- Born: Gwendolyne Daphne Healey 7 June 1908 Quorn, South Australia
- Died: 3 March 1974 (aged 65) Kensington Park, South Australia
- Occupations: nurse, entrepreneur
- Employer(s): Adelaide Hospital Parkside Mental Hospital
- Known for: discovering a major uranium deposit
- Spouse: George Dempster Stevens
- Children: two

= Gwendolyne Stevens =

Gwendolyne Daphne Stevens born Gwendolyne Daphne Healey (7 June 1908 – 3 March 1974) was an Australian hospital proprietor, sheep breeder and mining entrepreneur. She established several successful businesses culminating in the discovery that led to the creation of the Nabarlek Uranium Mine in the Northern Territory.

==Life==
Stevens was born in the town of Quorn in Australia in 1908. Her parents were also both born in South Australia. Her mother was Jessie Gwendolyne (born Napier) and her father was Hugo Albert Valentine Healey. She was educated at St Peter's Girls' School and she first trained as a nurse at the Adelaide Hospital qualifying in 1929 and as a psychiatric nurse at Parkside Mental Hospital in 1931 and she soon becoming sister-in-charge.

In 1934 she opened a private psychiatric hospital in Darrach House.

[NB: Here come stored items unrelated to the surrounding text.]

//! How lines are dressed: indented by another unit, escaped and coloured.

ghost use Rattle.std.specs.Char.{encode_utf8};
ghost use Rattle.std.specs.Fmt.{digit_glyph};
ghost use Rattle.std.specs.List.{flat_map};
ghost use Rattle.std.specs.Prelude.{◌≡◌, ◌==◌, ◌<◌, ◌++◌, ◌∷◌, ℕ, List, [], None, Some, IfOk, OnOk, false, option_map, string_bytes, true};
ghost use Rattle.std.specs.Str.{chars};
ghost use Rattle.serde_json_path_nodes.specs.Views.{located};
ghost use Rattle.jsonpath_lines.specs.Coloured.{parameters_of};
ghost use Rattle.jsonpath_lines.specs.Inside.{Appends};
ghost use Rattle.jsonpath_lines.specs.Output.{IsLine};
ghost use Rattle.jpq_program.specs.Inside.{left_from, look_with};
ghost use Rattle.jpq_program.specs.Looks.{IsLook, IsSeenIn, dressed, escaped, has_escapes, in_ascii, indented, led_by, unit_escape};

use jsonpath_lines::{Form, Output, Palette, colored, push_line};
use serde_json::Value;
use serde_json_path::LocatedNode;
use std::alloc::{AllocError, Global};

/// Appends a node's line. Lines that are not shown as they are made, and values in objects, are made here, and not where each node
/// passes, so that what is called there is inlined.
#[inline(never)]
pub(crate) fn push_own_line(
    alloc: Global,
    output: &Output,
    to: &mut String,
    node: &LocatedNode<'_>,
) -> Result<(), AllocError>
    ensures { OnOk result (Appends (IsLine output.now [] (located node.now))
        (string_bytes to.old) (string_bytes to.new)) }
{
    push_line(alloc, output, "", to, node)
}

/// Where in a line of a text a character stands.
#[derive(Clone, Copy, PartialEq, Eq)]
enum Place {
    /// At its start, after spaces in twos.
    Start,
    /// After one space more.
    AfterSpace,
    /// Elsewhere.
    Within,
}

/// Appends a character that stays as it is. Gives the place of the next one.
fn push_same(text: &mut String, c: char) -> Result<Place, AllocError>
    ensures { IfOk result (λ next. (unit cs : List ℕ) →
        string_bytes text.new ++ left_from unit next cs
        ≡ string_bytes text.old ++ (encode_utf8 c ++ led_by unit (c == 10) cs)) }
{
    text.push(c)?;
    if c == '\n' {
        return Ok(Place::Start);
    }
    Ok(Place::Within)
}

/// Appends a character of a text, or the unit for two spaces at the start of a line. Gives the place of the next one.
fn push_indented(text: &mut String, unit: &str, place: Place, c: char) -> Result<Place, AllocError>
    ensures { IfOk result (λ next. (cs : List ℕ) →
        string_bytes text.new ++ left_from unit.now next cs
        ≡ string_bytes text.old ++ left_from unit.now place (c ∷ cs)) }
{
    match (place, c == ' ') {
        (Place::Start, true) => Ok(Place::AfterSpace),
        (Place::AfterSpace, true) => {
            text.push_str(unit)?;
            Ok(Place::Start)
        }
        (Place::AfterSpace, false) => {
            text.push(' ')?;
            push_same(text, c)
        }
        (Place::Start, false) => push_same(text, c),
        (Place::Within, _) => push_same(text, c),
    }
}

/// JSON that is indented by two spaces a level, indented by a unit.
fn indented_by(alloc: Global, json: &str, unit: &str) -> Result<String, AllocError>
    ensures { IfOk result (λ text. string_bytes text ≡ led_by unit.now true (chars json.now)) }
{
    let mut text = String::new(alloc);
    let mut place = Place::Start;
    for c in json.chars() {
        place = push_indented(&mut text, unit, place, c)?;
    }
    if place == Place::AfterSpace {
        text.push(' ')?;
    }
    Ok(text)
}

/// A digit of base 16.
fn digit(value: u16) -> char
    requires { value < 16 }
    ensures { result ≡ digit_glyph false value }
{
    let first = if value < 10 { b'0' } else { b'a' - 10 };
    (first + value as u8) as char
}

/// Appends the escape of a code unit of UTF-16.
fn push_unit(text: &mut String, unit: u16) -> Result<(), AllocError>
    ensures { OnOk result (string_bytes text.new ≡ string_bytes text.old ++ unit_escape unit) }
{
    text.push_str("\\u")?;
    text.push(digit(unit / 4096))?;
    text.push(digit(unit / 256 % 16))?;
    text.push(digit(unit / 16 % 16))?;
    text.push(digit(unit % 16))
}

/// Appends the escapes of some code units.
fn push_units(text: &mut String, units: &[u16]) -> Result<(), AllocError>
    ensures { OnOk result (string_bytes text.new
        ≡ string_bytes text.old ++ flat_map unit_escape units.now) }
{
    for unit in units {
        push_unit(text, *unit)?;
    }
    Ok(())
}

/// Appends a character, or above U+007F its escapes.
fn push_ascii(text: &mut String, c: char) -> Result<(), AllocError>
    ensures { OnOk result (string_bytes text.new ≡ string_bytes text.old ++ in_ascii c) }
{
    if c.is_ascii() {
        return text.push(c);
    }
    push_units(text, c.encode_utf16(&mut [0; 2]))
}

/// JSON or a normalised path with an escape for each character above U+007F.
fn escaped(alloc: Global, line: &str) -> Result<String, AllocError>
    ensures { IfOk result (λ text. string_bytes text ≡ flat_map in_ascii (chars line.now)) }
{
    let mut text = String::new(alloc);
    for c in line.chars() {
        push_ascii(&mut text, c)?;
    }
    Ok(text)
}

/// Whether a node is shown as JSON or as a normalised path, which have escapes.
fn has_escapes(form: Form, node: &LocatedNode<'_>) -> bool
    ensures { result ≡ has_escapes form (located node.now).value }
{
    match (form, node.node()) {
        (Form::Raw, Value::String(_)) | (Form::Pointer, _) => false,
        _ => true,
    }
}

/// How lines are dressed.
#[derive(Drop)]
pub(crate) struct Dress<'a> {
    pub(crate) alloc: Global,
    /// What a level is indented by, where that is not two spaces.
    pub(crate) indent: Option<String>,
    /// Whether characters above U+007F are escaped.
    pub(crate) ascii: bool,
    /// The colours of lines, where they have these.
    pub(crate) colours: Option<Palette<'a>>,
}

impl Dress<'_> {
    /// A text of JSON, or of normalised paths, indented as is asked for.
    fn indented(&self, text: String) -> Result<String, AllocError>
        ensures { IfOk result (λ made. string_bytes made
            ≡ indented (option_map string_bytes self.now.indent) (string_bytes text)) }
    {
        match &self.indent {
            Some(unit) => indented_by(self.alloc, text.as_str(), unit.as_str()),
            None => Ok(text),
        }
    }

    /// The same, and escaped.
    pub(crate) fn dressed(&self, text: String) -> Result<String, AllocError>
        ensures { IfOk result (λ dressed. string_bytes dressed ≡ escaped self.now.ascii
            (indented (option_map string_bytes self.now.indent) (string_bytes text))) }
    {
        let text = self.indented(text)?;
        if self.ascii {
            return escaped(self.alloc, text.as_str());
        }
        Ok(text)
    }

    /// Appends a text that a form shows, in colours where lines have these.
    pub(crate) fn push_colored(
        &self,
        to: &mut String,
        text: &str,
        form: Form,
    ) -> Result<(), AllocError>
        ensures { OnOk result
            (Appends (IsSeenIn (option_map parameters_of self.now.colours) text.now)
            (string_bytes to.old) (string_bytes to.new)) }
    {
        match &self.colours {
            None => to.push_str(text),
            Some(palette) => {
                let line = colored(self.alloc, text, form, palette)?;
                to.push_str(line.as_str())
            }
        }
    }

    /// A node's line, indented and escaped.
    fn line(&self, output: &Output, node: &LocatedNode<'_>) -> Result<String, AllocError>
        ensures { IfOk result (λ text. (line : List ℕ)
            × IsLine output.now [] (located node.now) line
            × (string_bytes text
            ≡ dressed (look_with output.now None false (Some self.now)) (located node.now).value
            line)) }
    {
        let mut line = String::new(self.alloc);
        push_own_line(self.alloc, output, &mut line, node)?;
        if has_escapes(output.form, node) {
            return self.dressed(line);
        }
        Ok(line)
    }

    /// Appends a node's line, dressed, after a head.
    pub(crate) fn push_line(
        &self,
        output: &Output,
        to: &mut String,
        head: &str,
        node: &LocatedNode<'_>,
    ) -> Result<(), AllocError>
        ensures { OnOk result
            (Appends (IsLook (look_with output.now None false (Some self.now)) head.now
            (located node.now)) (string_bytes to.old) (string_bytes to.new)) }
    {
        let line = self.line(output, node)?;
        to.push_str(head)?;
        self.push_colored(to, line.as_str(), output.form)
    }
}
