//! Where documents come from, and what is written of that.

ghost use Rattle.std.specs.Prelude.{◌≡◌, IfOk, string_bytes};
ghost use Rattle.serde_json.specs.Data.{string};
ghost use Rattle.serde_json.specs.Written.{compact_text};
ghost use Rattle.jpq_program.specs.Heads.{head_text, members_text, shown_name};

use crate::members::push_member;
use jsonpath_lines::Layout;
use serde_json::Value;
use std::alloc::{AllocError, Global};

/// Where a document comes from.
#[derive(Clone, Copy, Drop)]
pub(crate) struct Source<'n> {
    /// The input's name.
    pub(crate) name: &'n str,
    /// The line of the input that the document begins in, from 1.
    pub(crate) line: usize,
}

/// The name of an input, as messages and lines begin with it.
pub(crate) fn shown_name(name: &str) -> &str
    ensures { result.now ≡ shown_name name.now }
{
    if name == "-" { "standard input" } else { name }
}

/// The JSON string of an input's name, as it is shown.
fn name_string(alloc: Global, name: &str) -> Result<String, AllocError>
    ensures { IfOk result (λ text. string_bytes text
        ≡ compact_text (string (shown_name name.now))) }
{
    Value::String(String::from_str(alloc, shown_name(name))?).to_string(alloc)
}

/// What is written of where a node comes from.
#[derive(Clone, Copy, Drop)]
pub(crate) struct Heads {
    /// The input's name.
    pub(crate) file: bool,
    /// The number of the document's line.
    pub(crate) line: bool,
    /// The path's number, from 1.
    pub(crate) number: bool,
}

impl Heads {
    /// What each line begins with: the file's name, the line's number and the path's, and a tab after each.
    pub(crate) fn line(
        self,
        alloc: Global,
        source: Source<'_>,
        number: usize,
    ) -> Result<String, AllocError>
        ensures { IfOk result (λ head. string_bytes head ≡ head_text self.file self.line
            self.number source.entry.name.now source.entry.line number) }
    {
        let mut head = String::new(alloc);
        if self.file {
            write!(head, "{}\t", shown_name(source.name))?;
        }
        if self.line {
            write!(head, "{}\t", source.line)?;
        }
        if self.number {
            write!(head, "{number}\t")?;
        }
        Ok(head)
    }

    /// What each object begins with: the same as members, each with what stands after it.
    pub(crate) fn members(
        self,
        alloc: Global,
        layout: Layout,
        source: Source<'_>,
        number: usize,
    ) -> Result<String, AllocError>
        ensures { IfOk result (λ members. string_bytes members
            ≡ members_text layout self.file self.line self.number source.entry.name.now
            source.entry.line number) }
    {
        let mut members = String::new(alloc);
        if self.file {
            let name = name_string(alloc, source.name)?;
            push_member(&mut members, layout, "file", name.as_str())?;
        }
        if self.line {
            let line = format!(in alloc; "{}", source.line)?;
            push_member(&mut members, layout, "line", line.as_str())?;
        }
        if self.number {
            let number = format!(in alloc; "{number}")?;
            push_member(&mut members, layout, "number", number.as_str())?;
        }
        Ok(members)
    }
}
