//! The messages about a refused path and a refused document, for a person.

use crate::caret::{push_line_with_caret, push_with_caret};
use crate::tokens::{first_token, open_quote};
use jsonpath_document::DocumentError;
use serde_json_path::{Numbers, ParseError, ParseErrorKind};
use std::alloc::AllocError;

/// What is wrong, in words, by the rule by which the path was read.
fn words(kind: ParseErrorKind, numbers: Numbers) -> &'static str {
    use ParseErrorKind as Kind;
    match kind {
        Kind::ExpectedRoot => "a path begins with '$'",
        Kind::BadMemberName => "expected a name or '*' after the dot",
        Kind::ExpectedClosingBracket => "expected closing ']'",
        Kind::ExpectedEndingQuote => "the string that begins here has no ending quote",
        Kind::BadEscape => "bad escape",
        Kind::ControlCharacter => "a control character in a string is written as an escape",
        Kind::ExpectedSelector => {
            "expected a selector (a name in quotes, an index, a slice, '*' or '?')"
        }
        Kind::IntegerOutOfRange => "an integer that is out of range",
        Kind::ExponentOrEmptyFraction => match numbers {
            Numbers::Whole => "a number has no exponent, and digits after its point",
            Numbers::All => "a number has digits after its point, and in its exponent",
        },
        Kind::NumberOutOfRange => "a number that is out of range",
        Kind::FractionTooLong => "a number has at most 9 digits after its point",
        Kind::ExpectedExpression => {
            "expected a path, a number, a string, true, false, null or a call"
        }
        Kind::ExpectedClosingParenthesis => "expected closing ')'",
        Kind::ExpectedComparisonOperator => "expected ==, !=, <, <=, > or >= after a literal",
        Kind::NonSingularQuery => "this path may select several nodes, so it can't be compared",
        Kind::UndefinedFunction => "no such function",
        Kind::WrongNumberOfArguments => "wrong number of arguments",
        Kind::WrongArgumentType => "an argument of the wrong type",
        Kind::WrongReturnType => "the function's result doesn't fit here",
        Kind::NestedTooDeep => "nested more than 128 deep",
        Kind::TextAfterPath => "the path ends before this",
        Kind::NoMemory => "no memory",
    }
}

/// Whether the words are followed by what stands at the place: where something else was expected, or the name says it.
fn tells_found(kind: ParseErrorKind) -> bool {
    use ParseErrorKind as Kind;
    matches!(
        kind,
        Kind::ExpectedRoot
            | Kind::BadMemberName
            | Kind::ExpectedClosingBracket
            | Kind::ExpectedSelector
            | Kind::ExpectedExpression
            | Kind::ExpectedClosingParenthesis
            | Kind::ExpectedComparisonOperator
            | Kind::UndefinedFunction
            | Kind::TextAfterPath
    )
}

/// Where a refusal is shown: at its place, or where a string begins that is never closed.
fn place_of(text: &str, e: &ParseError) -> usize {
    match e.kind() {
        ParseErrorKind::ExpectedEndingQuote => open_quote(text).unwrap_or(e.position()),
        _ => e.position(),
    }
}

/// Appends what stands at a place, the number of a byte from 1.
fn push_found(to: &mut String, text: &str, place: usize) -> Result<(), AllocError> {
    let rest = text.get(place.saturating_sub(1)..).unwrap_or("");
    match first_token(rest) {
        "" => to.push_str(", found the end"),
        "'" => to.push_str(", found a quote"),
        piece => write!(to, ", found '{piece}'"),
    }
}

/// Appends the lines of a refusal by that rule: what is wrong and where, the text with a caret under the place, and a hint if there
/// is one. `name` says which path it is, as `the path` or `path 2`.
pub(crate) fn push_refusal(
    to: &mut String,
    name: &str,
    text: &str,
    e: &ParseError,
    numbers: Numbers,
    hint: Option<&str>,
) -> Result<(), AllocError> {
    let place = place_of(text, e);
    let words = words(e.kind(), numbers);
    write!(to, "jpq: {name} is refused at byte {place}: {words}")?;
    if tells_found(e.kind()) {
        push_found(to, text, place)?;
    }
    to.push('\n')?;
    push_with_caret(to, text, place)?;
    match hint {
        Some(hint) if hint.starts_with('`') => write!(to, "  write {hint}\n"),
        Some(hint) => write!(to, "  {hint}\n"),
        None => Ok(()),
    }
}

/// Appends the lines of a refused document: which one, where and why, and its line round the place with a caret, within so many
/// columns. `lines_before` says how many lines of the input stand before its bytes.
pub(crate) fn push_document_refusal(
    to: &mut String,
    name: &str,
    lines_before: usize,
    bytes: &[u8],
    e: &DocumentError,
    columns: usize,
) -> Result<(), AllocError> {
    let line = e.line.saturating_add(lines_before);
    let told = DocumentError { line, ..*e };
    write!(to, "jpq: {name}: {told}\n")?;
    push_line_with_caret(to, bytes, e.position, columns)
}
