//! How nodes are shown: their lines and their objects.

ghost use Rattle.std.specs.Char.{encode_utf8};
ghost use Rattle.std.specs.Prelude.{◌≡◌, ◌++◌, ℕ, List, IfOk, OnOk, string_bytes};
ghost use Rattle.serde_json.specs.Data.{string};
ghost use Rattle.serde_json.specs.Written.{compact_text};
ghost use Rattle.serde_json_path_nodes.specs.Text.{normal};
ghost use Rattle.serde_json_path_nodes.specs.Views.{located};
ghost use Rattle.jsonpath_lines.specs.Inside.{Appends};
ghost use Rattle.jsonpath_lines.specs.Output.{IsJsonIn, end_text};
ghost use Rattle.jpq_program.specs.Answers.{array_end};
ghost use Rattle.jpq_program.specs.Inside.{look_of};
ghost use Rattle.jpq_program.specs.Looks.{IsLook, IsObject, member_json};

use crate::dress::{Dress, push_own_line};
use crate::members::{push_members, set_further_in};
use jsonpath_lines::{Form, Layout, LineEnd, Output, push_line};
use serde_json::Value;
use serde_json_path::LocatedNode;
use std::alloc::{AllocError, Global};

/// How nodes are shown.
#[derive(Drop)]
pub(crate) struct Showing<'a> {
    pub(crate) alloc: Global,
    pub(crate) output: Output,
    /// How many nodes of all documents are shown at most; any number where it is `None`.
    pub(crate) most_of_all: Option<u64>,
    /// Whether of counts the sum is shown alone.
    pub(crate) summed: bool,
    /// How lines are dressed, where they are not shown as they are made.
    pub(crate) dress: Option<Dress<'a>>,
}

/// What ends a line.
pub(crate) fn end_of(end: LineEnd) -> char
    ensures { encode_utf8 result ≡ end_text end }
{
    match end {
        LineEnd::LineFeed => '\n',
        LineEnd::Nul => '\0',
    }
}

/// The JSON string of a node's normalised path.
fn path_string(alloc: Global, node: &LocatedNode<'_>) -> Result<String, AllocError>
    ensures { IfOk result (λ text. string_bytes text
        ≡ compact_text (string (normal (located node.now).location))) }
{
    Value::String(node.location().to_text(alloc)?).to_string(alloc)
}

impl Showing<'_> {
    /// Appends a node's line after a head.
    // Inlined: each node passes here.
    #[inline(always)]
    pub(crate) fn push_line(
        &self,
        to: &mut String,
        head: &str,
        node: &LocatedNode<'_>,
    ) -> Result<(), AllocError>
        ensures { OnOk result
            (Appends (IsLook (look_of self.now) head.now (located node.now))
            (string_bytes to.old) (string_bytes to.new)) }
    {
        match &self.dress {
            None => push_line(self.alloc, &self.output, head, to, node),
            Some(dress) => dress.push_line(&self.output, to, head, node),
        }
    }

    /// The JSON of a node's value.
    fn json(&self, node: &LocatedNode<'_>) -> Result<String, AllocError>
        ensures { IfOk result (λ json. IsJsonIn self.now.output.layout (located node.now).value
            (string_bytes json)) }
    {
        let mut json = String::new(self.alloc);
        let output = Output {
            form: Form::Value,
            layout: self.output.layout,
            end: LineEnd::LineFeed,
            unique: false,
            most: None,
        };
        push_own_line(self.alloc, &output, &mut json, node)?;
        // A line feed ends the line.
        json.truncate(json.len() - 1);
        Ok(json)
    }

    /// A node's value in JSON, as a member of an object in an array.
    fn member(&self, node: &LocatedNode<'_>) -> Result<String, AllocError>
        ensures { IfOk result (λ member. (json : List ℕ)
            × IsJsonIn self.now.output.layout (located node.now).value json
            × (string_bytes member ≡ member_json self.now.output.layout json)) }
    {
        let json = self.json(node)?;
        match self.output.layout {
            Layout::Compact => Ok(json),
            Layout::Pretty => set_further_in(self.alloc, json.as_str()),
        }
    }

    /// Appends a node as an object with its path and its value, after other members, in an array in which it may be later
    /// than the first.
    pub(crate) fn push_object(
        &self,
        to: &mut String,
        members: &str,
        is_later: bool,
        node: &LocatedNode<'_>,
    ) -> Result<(), AllocError>
        ensures { OnOk result
            (Appends (IsObject (look_of self.now) is_later members.now (located node.now))
            (string_bytes to.old) (string_bytes to.new)) }
    {
        let layout = self.output.layout;
        let path = path_string(self.alloc, node)?;
        let value = self.member(node)?;
        match &self.dress {
            None => push_members(to, layout, is_later, members, path.as_str(), value.as_str()),
            Some(dress) => {
                let mut object = String::new(self.alloc);
                let (path, value) = (path.as_str(), value.as_str());
                push_members(&mut object, layout, is_later, members, path, value)?;
                let object = dress.dressed(object)?;
                dress.push_colored(to, object.as_str(), self.output.form)
            }
        }
    }

    /// Appends the end of an array, which may hold something, and of its line.
    pub(crate) fn push_array_end(&self, to: &mut String, holds: bool) -> Result<(), AllocError>
        ensures { OnOk result (string_bytes to.new ≡ string_bytes to.old
            ++ (array_end self.now.output.layout holds ++ end_text self.now.output.end)) }
    {
        if self.output.layout == Layout::Pretty && holds {
            to.push('\n')?;
        }
        to.push(']')?;
        to.push(end_of(self.output.end))
    }
}
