//! The hint of a refusal.

ghost use Rattle.std.specs.Prelude.{◌≡◌, option_map};
ghost use Rattle.serde_json_path_parser.specs.Errors.{kind_of, position_of};
ghost use Rattle.serde_json_path_functions.specs.Terms.{numbers_view};
ghost use Rattle.serde_json_path_hints.specs.Hints.{hint_of};

use crate::slip::{first_of_two, first_there, sides};
use crate::slips::slips_of;
use serde_json_path_functions::Numbers;
use serde_json_path_parser::ParseError;

/// What was probably meant where a path is refused, in a few words, or `None` if the refusal's kind and the text around its
/// place show no known slip.
///
/// The text is the one that was refused by the rule for numbers. No memory is taken, and the time grows with the text's length.
///
/// ```text
/// let text = "$.a b";
/// let e = parse(alloc, &mut TextSource::new(text), &Builtin).unwrap_err();
/// assert_eq!(rt; hint(text, &e, Numbers::Whole), Some("`$['a b']`: such a name is quoted in brackets"));
/// ```
pub fn hint(text: &str, e: &ParseError, numbers: Numbers) -> Option<&'static str>
    ensures { option_map (λ s. s.now) result
        ≡ hint_of (numbers_view numbers) (kind_of e.now) (position_of e.now) text.now }
{
    let (before, ahead) = sides(text.as_bytes(), e.position());
    let (own, words, signs) = slips_of(e.kind(), numbers);
    match first_there(own, before, ahead) {
        Some(hint) => Some(hint),
        None => first_of_two(words, signs, before, ahead),
    }
}
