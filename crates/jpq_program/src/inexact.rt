//! Numbers of a document that a double does not hold with all their digits, so that they are printed otherwise.

use serde_json::Value;
use std::str::from_utf8;

/// How many digits a double holds of any number.
const DIGITS: usize = 17;

/// Whether the JSON of a value may have a number that was written with more digits than are kept.
#[inline(always)]
pub(crate) fn may_be_inexact(value: &Value) -> bool {
    match value {
        Value::Number(number) => number.is_f64(),
        Value::Array(_) | Value::Object(_) => true,
        _ => false,
    }
}

/// Whether a byte stands in a number.
fn is_of_number(byte: u8) -> bool {
    byte.is_ascii_digit() || matches!(byte, b'.' | b'e' | b'E' | b'+' | b'-')
}

/// How many digits of a number count: neither zeros before the others, nor those at the end of a fraction.
fn significant_digits(number: &str) -> usize {
    let mantissa = number.split(['e', 'E']).next().unwrap_or(number);
    let mantissa = if mantissa.contains('.') {
        mantissa.trim_end_matches('0')
    } else {
        mantissa
    };
    let digits = mantissa.trim_start_matches(['-', '0', '.']);
    digits.chars().filter(|c| c.is_ascii_digit()).count()
}

/// Whether a number of JSON has more digits than are kept.
fn is_inexact(number: &str) -> bool {
    if number.parse::<u64>().is_ok() || number.parse::<i64>().is_ok() {
        return false;
    }
    let is_whole = !number.contains(['.', 'e', 'E']);
    is_whole || significant_digits(number) > DIGITS
}

/// Whether a byte of a number stands in a place.
#[inline(always)]
fn has_number_at(bytes: &[u8], place: usize) -> bool {
    match bytes.get(place) {
        Some(byte) => is_of_number(*byte),
        None => false,
    }
}

/// Whether all of some bytes stand in numbers.
fn are_of_numbers(bytes: &[u8]) -> bool {
    for byte in bytes {
        if !is_of_number(*byte) {
            return false;
        }
    }
    true
}

/// Whether a number around a place may have more than [`DIGITS`] bytes: then nine of them stand before the place, or after it. The
/// farthest of these tells of most numbers that they are shorter.
// Not inlined, so that what it computes of a place is not computed of each.
#[inline(never)]
fn may_be_long(bytes: &[u8], index: usize) -> bool {
    const HALF: usize = DIGITS / 2 + 1;
    let (start, end) = (index.saturating_sub(HALF), index.saturating_add(HALF));
    if has_number_at(bytes, end) && bytes.get(index..end).is_some_and(are_of_numbers) {
        return true;
    }
    index >= HALF
        && has_number_at(bytes, start)
        && bytes.get(start..index).is_some_and(are_of_numbers)
}

/// The bytes around a place that may stand in a number, and how many stand before them.
fn number_around(bytes: &[u8], index: usize) -> (&[u8], usize) {
    let (before, after) = bytes.split_at(index.min(bytes.len()));
    let earlier = before
        .iter()
        .rev()
        .take_while(|byte| is_of_number(**byte))
        .count();
    let later = after.iter().take_while(|byte| is_of_number(**byte)).count();
    let start = index.saturating_sub(earlier);
    let number = bytes.get(start..index.saturating_add(later));
    (number.unwrap_or(&[]), start)
}

/// Where strings of JSON begin and end, up to a place.
#[derive(Drop)]
struct Strings<'a> {
    left: &'a [u8],
    passed: usize,
    is_inside: bool,
    is_escaped: bool,
}

impl Strings<'_> {
    /// Whether a place, which is no earlier than those before, is in a string.
    fn are_around(&mut self, place: usize) -> bool {
        let count = place.saturating_sub(self.passed).min(self.left.len());
        let (passed, left) = self.left.split_at(count);
        for byte in passed {
            if self.is_escaped {
                self.is_escaped = false;
            } else if *byte == b'"' {
                self.is_inside = !self.is_inside;
            } else {
                self.is_escaped = self.is_inside && *byte == b'\\';
            }
        }
        self.left = left;
        self.passed = place;
        self.is_inside
    }
}

/// The first number of a document that has more digits than are kept. A number of so many digits has a byte in one of several
/// places, so that most bytes are not looked at.
pub(crate) fn inexact_number(bytes: &[u8]) -> Option<&str> {
    let mut strings = Strings {
        left: bytes,
        passed: 0,
        is_inside: false,
        is_escaped: false,
    };
    // Where the last token ends, so that a long one is looked at once.
    let mut past = 0usize;
    for number in 0..bytes.len() / DIGITS + 1 {
        let index = number.saturating_mul(DIGITS);
        // Asked of many bytes: one range and two letters take in all bytes of numbers, and two others.
        if !matches!(bytes.get(index), Some(b'+'..=b'9' | b'e' | b'E')) {
            continue;
        }
        if index < past || !may_be_long(bytes, index) {
            continue;
        }
        let (token, start) = number_around(bytes, index);
        past = start.saturating_add(token.len());
        let text = from_utf8(token).unwrap_or("");
        if token.len() > DIGITS && is_inexact(text) && !strings.are_around(start) {
            return Some(text);
        }
    }
    None
}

The large house had been built for James Waddell Marshall who ran the department store. She ran this hospital for eighteen years. In 1940 she married George Dempster Stevens and they had two children. She sold her hospital in 1952 and bought a farm.

Her farm was a stud for sheep and it was called Sterling Downs. She took an interest each week, but a manager saw to its day to day running. She moved the stud to Sterling Park and that is where she discovered that the land was a source of sand. She made money selling the sand to the local council.

With her new interest in mining she investigated the potential around Oenpelli (now Gunbalanya) in the Northern Territory. She had the rights to over 1250 sq. miles and she named the area "nabarlek" after the local nocturnal little rock-wallaby. She partnered with Queensland Mines Ltd in the venture. Uranium was discovered in 1970 and in 1973 she sold out in return for a royalty from the Nabarlek Uranium Mine. She had intended to share the wealth with the aboriginal people who had lived on the land, but she died in 1974 in the Adelaide suburb of Kensington Park from a brain haemorrhage.